• [Exercise inputs]:
[Start of Attachment]
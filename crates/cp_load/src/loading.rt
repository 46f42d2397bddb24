ghost use Rattle.std.specs.Prelude.{◌≡◌, []};
ghost use Rattle.cp_link.specs.Modules.{shared_in};
ghost use Rattle.cp_load.specs.Answers.{Loads, HasCause};
ghost use Rattle.cp_load.specs.Loading.{Makes, MakesLinked};
ghost use Rattle.cp_load.specs.Prelude.{prelude};

use crate::completed::complete;
use crate::error::LoadError;
use crate::gathering::gather;
use crate::operators::operators_of;
use crate::prelude::prelude;
use cp_assemble::{LinkError, ModuleParts, link};
use cp_code::Program;
use cp_io::Files;
use cp_module::{Loaded, ModulePart};
use std::alloc::Global;

/// What is asked of a program beside that its files are accepted.
#[derive(Debug, Clone, Copy, PartialEq, Eq, Drop)]
pub struct Need {
    /// The first module defines `main/0`.
    pub main: bool,
}

/// The program of the file of this name and of the files that it imports, directly or not, with the prelude; or else the first
/// refusal in them, or the name of the file that is missing, that has more than 1,048,576 bytes or that could not be
/// fetched. A program has at most 64 files, and each is fetched once.
pub fn load<F: Files>(
    alloc: Global,
    files: &mut F,
    name: &[u8],
    need: Need,
) -> Result<Program, LoadError>
    ensures loads { Loads (F.tree files.old) name.now need.main result }
    ensures cause { HasCause (F.faults files.old) (F.faults files.new) (F.misses files.old) (F.misses files.new) result }
    ensures tree { F.tree files.new ≡ F.tree files.old }
{
    let parts = gather(alloc, files, name)?;
    program_of(alloc, parts, need.main)
}

/// The program that files make, with the prelude.
fn program_of(alloc: Global, parts: ModuleParts, needs_main: bool) -> Result<Program, LoadError>
    ensures { Makes needs_main parts result }
{
    let mut program = linked(alloc, &parts)?;
    if let Some(refusal) = complete(alloc, &mut program, needs_main, parts.as_slice())? {
        return Err(LoadError::Refused(refusal));
    }
    program.ops = operators_of(alloc, parts)?;
    Ok(program)
}

/// The program that files make with the prelude, before its regular types have their clauses and its assertions are read.
fn linked(alloc: Global, parts: &ModuleParts) -> Result<Program, LoadError>
    ensures { MakesLinked parts.now result }
{
    match prelude(alloc) {
        Loaded::Part(common) => linked_with(alloc, parts, &common),
        Loaded::Refused(_) => unreachable!(),
        Loaded::NoMemory => Err(LoadError::NoMemory),
    }
}

fn linked_with(
    alloc: Global,
    parts: &ModuleParts,
    common: &ModulePart,
) -> Result<Program, LoadError>
    requires prelude { common.now ≡ prelude }
    requires shares { shared_in common.now.clauses ≡ [] }
    ensures { MakesLinked parts.now result }
{
    match link(alloc, parts, common) {
        Ok(program) => Ok(program),
        Err(LinkError::Refused(refusal)) => Err(LoadError::Refused(refusal)),
        Err(LinkError::NoMemory) => Err(LoadError::NoMemory),
    }
}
[End of Attachment]
• [Task requirements]: Show every line of the records above that contains the word "Rattle".

• [Result of this exercise]:
ghost use Rattle.std.specs.Prelude.{◌≡◌, []};
ghost use Rattle.cp_link.specs.Modules.{shared_in};
ghost use Rattle.cp_load.specs.Answers.{Loads, HasCause};
ghost use Rattle.cp_load.specs.Loading.{Makes, MakesLinked};
ghost use Rattle.cp_load.specs.Prelude.{prelude};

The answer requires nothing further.